Satsang at Ganga Darshan

Q: How can we change a negative habit?

Swami Suryaprakash Saraswati: This question reminds me of an incident many years ago when I was a small child. Swami Niranjan was giving satsang and the topic of discussion was 'How to cultivate virtues and eradicate vices'. How can we cultivate positive habits, thoughts, behaviour and qualities, and how can we remove negative qualities?

After the satsang, Swamiji asked me, "So what did you understand?" I said, "I did not understand anything." He said, "Okay, let's go for a walk in the garden." As we were walking across the lawn, he pointed out a weed which was three or four inches high, and said, "Dig it out." I used two fingers and dug it out without any effort. We walked some more and he said, "See that plant?
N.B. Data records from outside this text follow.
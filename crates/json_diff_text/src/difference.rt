//! The patch between two texts, without moves.

ghost use Rattle.std.specs.Prelude.{◌↔◌, ◌≤◌, [], IfErr, IfOk, max};
ghost use Rattle.std.specs.String.{string_bytes};
ghost use Rattle.json.specs.Json.{max_depth};
ghost use Rattle.json_lexemes.specs.Skipped.{nesting};
ghost use Rattle.json_diff_text.specs.Differences.{IsDiffTextFault, IsFewBetween, IsPlainPatch, SaySame};
ghost use Rattle.json_patch_text.specs.Patched.{AcceptsPatch};
ghost use Rattle.json_patch_text.specs.Operations.{SaysOperations};
ghost use Rattle.json_patch_text.specs.Shallow.{IsNeverTooDeep};

use crate::comparing::difference;
use crate::fault::DiffTextFault;
use std::alloc::Global;

/// The patch, as text, that leads from what one text says to what another says: `patch_text` makes of
/// the first a text that says the same as the second, whatever numbers both have. It has no operation
/// exactly where they say the same, and else `add`, `remove` and `replace` alone.
///
/// ```rust
/// let patch = diff_text(alloc, r#"{"a": 1.5, "b": 1}"#, r#"{"a": 1.50, "b": 2.5e3}"#)?;
/// // [{"op":"replace","path":"/b","value":2.5e3}]
/// ```
///
/// Each number is written as it stands in the second text where its value goes. Of several members of one
/// name the last counts.
pub fn diff_text(alloc: Global, from: &str, to: &str) -> Result<String, DiffTextFault>
    ensures leads { IfOk result (λ patch. AcceptsPatch from.now (string_bytes patch) to.now) }
    ensures plain { IfOk result (λ patch. IsPlainPatch from.now (string_bytes patch)) }
    ensures nothing { IfOk result
        (λ patch. SaysOperations (string_bytes patch) [] ↔ SaySame from.now to.now) }
    ensures few { IfOk result (λ patch. IsFewBetween from.now to.now (string_bytes patch)) }
    ensures readable { IfOk result (λ patch. nesting (string_bytes patch) ≤ max_depth) }
    ensures never { IfOk result (λ patch. IsNeverTooDeep (max (nesting from.now) (nesting to.now))
        from.now (string_bytes patch)) }
    ensures fault { IfErr result (IsDiffTextFault from.now to.now) }
{
    difference(alloc, from, to, false)
}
Now dig that out." I pulled at it with one hand. Nothing happened. So I used both hands and all my force, and with much effort managed to pull it free of the earth. Swamiji said, "Let's go further. Can you see that tree? Now dig that out." I hugged the tree, I tried all kinds of things, and finally he said, "Let it be. You won't be able to do it."
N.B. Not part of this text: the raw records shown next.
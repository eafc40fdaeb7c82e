//! A text's value as a document, in which a number stands for each numeral.

ghost use Rattle.std.specs.Prelude.{IfOk, OnOk};
ghost use Rattle.json.specs.Tree.{HasNumbers, ItemsHaveNumbers, MembersHaveNumbers};
ghost use Rattle.json.specs.Value.{items_view, members_view, value_view};
ghost use Rattle.serde_json.specs.View.{items_view as items_of, members_view as members_of, view};
ghost use Rattle.json_patch_document.specs.Document.{AreDocuments, AreMembers, IsDocument};
ghost use Rattle.json_diff_text.specs.Numerals.{AreNumbers, Grows, StandFor, StandForMembers, StandsFor};
ghost use Rattle.json_diff_text.specs.Tables.{table};

use crate::numerals::Numerals;
use json::Value as Tree;
use serde_json::{Map, Number, Value};
use std::alloc::{AllocError, Global};

/// The element of an array, if it is one and has one at this place.
fn element<'v>(value: Option<&'v Value>, place: usize) -> Option<&'v Value> {
    value?.as_array()?.get(place)
}

/// The member of an object, if it is one and has one of this name.
fn named<'v>(value: Option<&'v Value>, name: &str) -> Option<&'v Value> {
    value?.as_object()?.get(name)
}

/// The document, and the numerals that aren't in the table yet put into it. Of several members of one
/// name the last stands. The other value, if there is one, is what it is compared with.
#[cycle(coding)]
pub(crate) fn coded(
    alloc: Global,
    tree: &Tree,
    other: Option<&Value>,
    numerals: &mut Numerals,
) -> Result<Value, AllocError>
    requires numbers { AreNumbers (table numerals.old) }
    requires written { HasNumbers (value_view tree.now) }
    ensures stands { IfOk result
        (λ v. StandsFor (table numerals.new) (view v) (value_view tree.now)) }
    ensures document { IfOk result (λ v. IsDocument (view v)) }
    ensures grows { OnOk result (Grows (table numerals.old) (table numerals.new)) }
    ensures numbers { OnOk result (AreNumbers (table numerals.new)) }
{
    match tree {
        Tree::Null => Ok(Value::Null),
        Tree::Bool(b) => Ok(Value::Bool(*b)),
        Tree::Number(text) => Ok(Value::Number(Number::from(numerals.code(alloc, text, other)?))),
        Tree::String(text) => Ok(Value::String(String::from_str(alloc, text)?)),
        Tree::Array(items) => Ok(Value::Array(coded_items(alloc, items, other, numerals)?)),
        Tree::Object(members) => Ok(Value::Object(coded_members(alloc, members, other, numerals)?)),
    }
}

#[cycle(coding)]
fn coded_items(
    alloc: Global,
    items: &Vec<Tree>,
    other: Option<&Value>,
    numerals: &mut Numerals,
) -> Result<Vec<Value>, AllocError>
    requires numbers { AreNumbers (table numerals.old) }
    requires written { ItemsHaveNumbers (items_view items.now.items) }
    ensures stand { IfOk result
        (λ v. StandFor (table numerals.new) (items_of v.items) (items_view items.now.items)) }
    ensures documents { IfOk result (λ v. AreDocuments (items_of v.items)) }
    ensures grows { OnOk result (Grows (table numerals.old) (table numerals.new)) }
    ensures numbers { OnOk result (AreNumbers (table numerals.new)) }
{
    let mut values = Vec::with_capacity(alloc, items.len())?;
    for item in items {
        let beside = element(other, values.len());
        values.push(coded(alloc, item, beside, numerals)?)?;
    }
    Ok(values)
}

#[cycle(coding)]
fn coded_members<'a>(
    alloc: Global,
    members: &Vec<(&'a str, Tree<'a>)>,
    other: Option<&Value>,
    numerals: &mut Numerals,
) -> Result<Map<String, Value>, AllocError>
    requires numbers { AreNumbers (table numerals.old) }
    requires written { MembersHaveNumbers (members_view members.now.items) }
    ensures stand { IfOk result
        (λ m. StandForMembers (table numerals.new) (members_of m.entries) (members_view members.now.items)) }
    ensures members { IfOk result (λ m. AreMembers (members_of m.entries)) }
    ensures grows { OnOk result (Grows (table numerals.old) (table numerals.new)) }
    ensures numbers { OnOk result (AreNumbers (table numerals.new)) }
{
    let mut map = Map::new(alloc);
    for (name, member) in members {
        let value = coded(alloc, member, named(other, name), numerals)?;
        map.insert(String::from_str(alloc, name)?, value)?;
    }
    Ok(map)
}
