//! One merge patch that does what two in turn do, as text (RFC 7396).

ghost use Rattle.std.specs.Prelude.{◌≡◌, ◌↔◌, ◌≤◌, IfErr, IfOk, IfSome, List, None, max, ℕ};
ghost use Rattle.std.specs.String.{string_bytes};
ghost use Rattle.json.specs.Json.{max_depth};
ghost use Rattle.json.specs.Tree.{HasNumbers, depth};
ghost use Rattle.json.specs.Value.{value_view};
ghost use Rattle.json_lexemes.specs.Skipped.{nesting};
ghost use Rattle.json_merge_text.specs.Merged.{SaysMerged};
ghost use Rattle.json_diff_text.specs.Merges.{IsBothPatchOrNone, IsBothTextFault, SaysBoth, TextResets};

use crate::coding::coded;
use crate::fault::{BothTextFault, first_fault, then_fault};
use crate::numerals::Numerals;
use crate::reading::{read, room};
use crate::writing::written_value;
use json::{MAX_DEPTH, Value};
use json_merge_diff::merge_both;
use std::alloc::{AllocError, Global};

/// The merge patch that does what two do, or none.
fn both(alloc: Global, first: &Value, then: &Value) -> Result<Option<String>, AllocError>
    requires first { HasNumbers (value_view first.now) }
    requires then { HasNumbers (value_view then.now) }
    requires shallow { max (depth (value_view first.now)) (depth (value_view then.now)) ≤ max_depth }
    ensures { IfOk result (IsBothPatchOrNone (value_view first.now) (value_view then.now)) }
{
    let mut numerals = Numerals::by_value(alloc);
    let one = coded(alloc, first, None, &mut numerals)?;
    let next = coded(alloc, then, None, &mut numerals)?;
    match merge_both(alloc, &one, &next)? {
        Some(patch) => Ok(Some(written_value(alloc, &patch, numerals.texts())?)),
        None => Ok(None),
    }
}

/// The merge patch, as text, that does what two in turn do, to each text (RFC 7396), or `None` where none
/// does, as `json_merge_diff::merge_both` says: where the second has an object and the first a value that
/// is none, under the same names.
///
/// ```rust
/// let first = r#"{"price": 1.50, "tags": null}"#;
/// let patch = merge_both_text(alloc, first, r#"{"price": 2.5e3, "title": "x"}"#)?;
/// // {"price":2.5e3,"tags":null,"title":"x"}
/// ```
///
/// Each number is written as it stands in its text. Of several members of one name the last counts. A
/// text that isn't JSON, or has an unpaired surrogate, or nests deeper than 128 levels, is refused, the
/// first before the second.
pub fn merge_both_text(
    alloc: Global,
    first: &str,
    then: &str,
) -> Result<Option<String>, BothTextFault>
    // What it does, also to texts.
    ensures both { IfOk result (λ o. IfSome o (λ patch. SaysBoth first.now then.now (string_bytes patch))) }
    ensures in_turn { IfOk result (λ o. IfSome o (λ patch. (text mid new : List ℕ)
        → SaysMerged text first.now mid → SaysMerged mid then.now new
        → SaysMerged text (string_bytes patch) new)) }
    // It nests no deeper than the deeper of the two.
    ensures depth { IfOk result (λ o. IfSome o (λ patch.
        nesting (string_bytes patch) ≤ max (nesting first.now) (nesting then.now))) }
    // When there is none.
    ensures impossible { IfOk result
        (λ o. o ≡ None → (patch : List ℕ) → SaysBoth first.now then.now patch → ⊥) }
    ensures resets { IfOk result (λ o. (o ≡ None) ↔ TextResets first.now then.now) }
    ensures fault { IfErr result (IsBothTextFault first.now then.now) }
{
    let mut one = room(alloc)?;
    let earlier = match read(alloc, first, MAX_DEPTH, &mut *one) {
        Ok(value) => value,
        Err(fault) => return Err(first_fault(fault)),
    };
    let mut next = room(alloc)?;
    let later = match read(alloc, then, MAX_DEPTH, &mut *next) {
        Ok(value) => value,
        Err(fault) => return Err(then_fault(fault)),
    };
    Ok(both(alloc, &earlier, &later)?)
}
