//! The patch between two texts that other texts refuse.

ghost use Rattle.std.specs.Prelude.{◌↔◌, ◌≤◌, [], IfErr, IfOk, max};
ghost use Rattle.std.specs.String.{string_bytes};
ghost use Rattle.json.specs.Json.{max_depth};
ghost use Rattle.json.specs.Tree.{HasNumbers, depth};
ghost use Rattle.json.specs.Value.{value_view};
ghost use Rattle.json_lexemes.specs.Skipped.{nesting};
ghost use Rattle.json_diff_text.specs.Differences.{IsFewGuarded, IsGuardedFault, IsGuardedPatch, IsGuardedTreePatch, IsRefusedElsewhere, SaySame, most_levels};
ghost use Rattle.json_patch_text.specs.Operations.{SaysOperations};
ghost use Rattle.json_patch_text.specs.Patched.{AcceptsPatch};
ghost use Rattle.json_patch_text.specs.Shallow.{IsNeverTooDeep};

use crate::coding::coded;
use crate::comparing::{MOST_LEVELS, edits};
use crate::fault::{DiffTextFault, from_fault, to_fault};
use crate::numerals::Numerals;
use crate::reading::{read, room};
use crate::writing::written;
use json::Value as Tree;
use json_patch_diff::with_guards;
use json_reading::same_tree;
use std::alloc::{AllocError, Global};

/// The patch between what two texts say, with its tests: a run of the edits on the first text's document,
/// where each numeral stands for itself, shows what these hold.
fn guarded_between(alloc: Global, from: &Tree, to: &Tree) -> Result<String, AllocError>
    requires from { HasNumbers (value_view from.now) }
    requires to { HasNumbers (value_view to.now) }
    requires low { depth (value_view from.now) ≤ most_levels }
    requires shallow { depth (value_view to.now) ≤ most_levels }
    ensures { IfOk result
        (λ s. IsGuardedTreePatch (value_view from.now) (value_view to.now) (string_bytes s)) }
{
    if same_tree(alloc, from, to)? {
        return String::from_str(alloc, "[]");
    }
    let mut numerals = Numerals::by_number(alloc);
    let changes = edits(alloc, from, to, false, &mut numerals)?;
    let as_written = coded(alloc, from, None, &mut numerals)?;
    let guarded = with_guards(alloc, &as_written, changes)?;
    written(alloc, &guarded, numerals.texts())
}

/// The patch of [`diff_text`](crate::diff_text), with a `test` directly before each `remove` and `replace`
/// (RFC 6902, section 4.6), as `json_patch_diff::guarded_diff` makes it. So a text is refused that has
/// something else where the patch would remove or replace; elsewhere it may differ.
///
/// ```rust
/// let patch = guarded_diff_text(alloc, r#"{"a": 1.50, "b": 1}"#, r#"{"a": 2e1, "b": 1}"#)?;
/// // [{"op":"test","path":"/a","value":1.50},{"op":"replace","path":"/a","value":2e1}]
/// ```
///
/// Each number of a `test` is written as it stands in the first text, and holds for one that is equal.
pub fn guarded_diff_text(alloc: Global, from: &str, to: &str) -> Result<String, DiffTextFault>
    ensures leads { IfOk result (λ patch. AcceptsPatch from.now (string_bytes patch) to.now) }
    ensures guarded { IfOk result (λ patch. IsGuardedPatch from.now (string_bytes patch)) }
    ensures refused { IfOk result (λ patch. IsRefusedElsewhere from.now (string_bytes patch)) }
    ensures nothing { IfOk result
        (λ patch. SaysOperations (string_bytes patch) [] ↔ SaySame from.now to.now) }
    ensures few { IfOk result (λ patch. IsFewGuarded from.now to.now (string_bytes patch)) }
    ensures readable { IfOk result (λ patch. nesting (string_bytes patch) ≤ max_depth) }
    ensures never { IfOk result (λ patch. IsNeverTooDeep (max (nesting from.now) (nesting to.now))
        from.now (string_bytes patch)) }
    ensures fault { IfErr result (IsGuardedFault from.now to.now) }
{
    let mut old = room(alloc)?;
    let start = match read(alloc, from, MOST_LEVELS, &mut *old) {
        Ok(value) => value,
        Err(fault) => return Err(from_fault(fault)),
    };
    let mut new = room(alloc)?;
    let goal = match read(alloc, to, MOST_LEVELS, &mut *new) {
        Ok(value) => value,
        Err(fault) => return Err(to_fault(fault)),
    };
    Ok(guarded_between(alloc, &start, &goal)?)
}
Swamiji then told me, "When you are young in age, you can put in whatever good qualities and habits you want, but as you grow older, it will be much more difficult to cultivate a good habit or extract a bad habit. And one day when you are fully grown, any kind of change will be nearly impossible. Therefore, think carefully and try to imbibe good qualities, thoughts and habits now." He added, "When the personality is full of good qualities, negative qualities cannot enter. When good habits are inculcated, then negative habits get left behind automatically and simply don't come to you."

This incident took place many years ago, but it is only now that I have been able to understand its significance. And in this also lies the reply to the question. We can improve or change a negative habit only when we implant positive habits in our life. When the focus is on goodness, then the negativity drops away automatically.
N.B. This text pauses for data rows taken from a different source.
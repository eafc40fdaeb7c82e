//! What a text says, and how deep it nests.

ghost use Rattle.std.specs.Prelude.{◌≤◌, IfErr, IfOk};
ghost use Rattle.json.specs.Json.{max_depth};
ghost use Rattle.json.specs.Tree.{HasNumbers, depth};
ghost use Rattle.json.specs.Value.{value_view};
ghost use Rattle.json_lexemes.specs.Spelled.{Says};
ghost use Rattle.json_diff_text.specs.Faults.{IsUnread};

use json::{Error, Scratch, Value};
use json_text::{TextFault, is_deeper};
use std::alloc::{AllocError, Global};

/// Room for the reading of a text. It has many kilobytes, which on the stack would lie below recursions.
#[inline(never)]
pub(crate) fn room(alloc: Global) -> Result<Box<Scratch>, AllocError> {
    Ok(Box::new(alloc, Scratch::new(alloc))?)
}

/// The value of a text that nests at most so many levels.
pub(crate) fn read<'a>(
    alloc: Global,
    text: &'a str,
    levels: usize,
    scratch: &'a mut Scratch,
) -> Result<Value<'a>, TextFault>
    requires { levels ≤ max_depth }
    ensures says { IfOk result (λ v. Says text.now (value_view v)) }
    ensures shallow { IfOk result (λ v. depth (value_view v) ≤ levels) }
    ensures numbers { IfOk result (λ v. HasNumbers (value_view v)) }
    ensures fault { IfErr result (IsUnread levels text.now) }
{
    if is_deeper(text, levels) {
        return Err(TextFault::TooDeep);
    }
    match Value::parse(alloc, text, scratch) {
        Ok(value) => Ok(value),
        Err(Error::Invalid) => Err(TextFault::NotJson),
        Err(_) => Err(TextFault::Memory(AllocError)),
    }
}

/// How many levels the value has: one for each array or object around its innermost value.
#[cycle(levels)]
pub(crate) fn levels(value: &Value) -> usize
    ensures { result ≤ depth (value_view value.now) }
{
    match value {
        Value::Array(items) => {
            let mut most = 0;
            for item in items {
                most = levels(item).max(most);
            }
            most.saturating_add(1)
        }
        Value::Object(members) => {
            let mut most = 0;
            for (_name, member) in members {
                most = levels(member).max(most);
            }
            most.saturating_add(1)
        }
        _ => 0,
    }
}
Every negative habit carries with it a positive habit. Every negative tendency has an opposite uplifting quality. If one is lazy, the opposite is dynamism. If the tendency is to be greedy, its positive counterpart is restraint. If one is depressive, the opposite is participation and cheerfulness. So, when analysing a negative habit, the focus has to be on the positive opposite. You simply have to look for this opposite habit and try to develop it.

You have to also make a sankalpa, a resolve, to change a negative habit. Remember that a sankalpa is always positive. Take this example. There are two dogs, one black and one white, and they are fighting. Both are the same size and strength. Which one is going to win? When will the white dog win and what do we have to do to defeat the black dog? The answer is easy. The dog that has been better looked after and better fed will win.

The black dog represents all our negative qualities and the white dog represents the positive qualities. One is creativity, love, compassion and dynamism, and the other is symbolic of all the detrimental qualities. So when you make a positive sankalpa and try to develop a positive habit, you will see that as you grow in it, as you imbibe and understand it more, its opposite negative habit will slowly diminish and be left behind. Thus the answer is that you have to tackle the negative habits indirectly by focusing on the positive, because if you try to tackle them directly, you will continue to face internal conflict, and nothing will change.

After all, the negative habit or thought has come from your own mind and the positive resolve or quality has also come from the same mind. So when the negative and the positive, the good and the bad, have both come from the same source, how we grow depends on what we focus on and what we want to develop.

Every individual has the capacity to know what is good and what is bad, what is positive and what is negative. Everyone possesses that much discrimination and intelligence. So it depends on our choice and focus, on what we choose to expand and enhance. We all have to be responsible for our choices.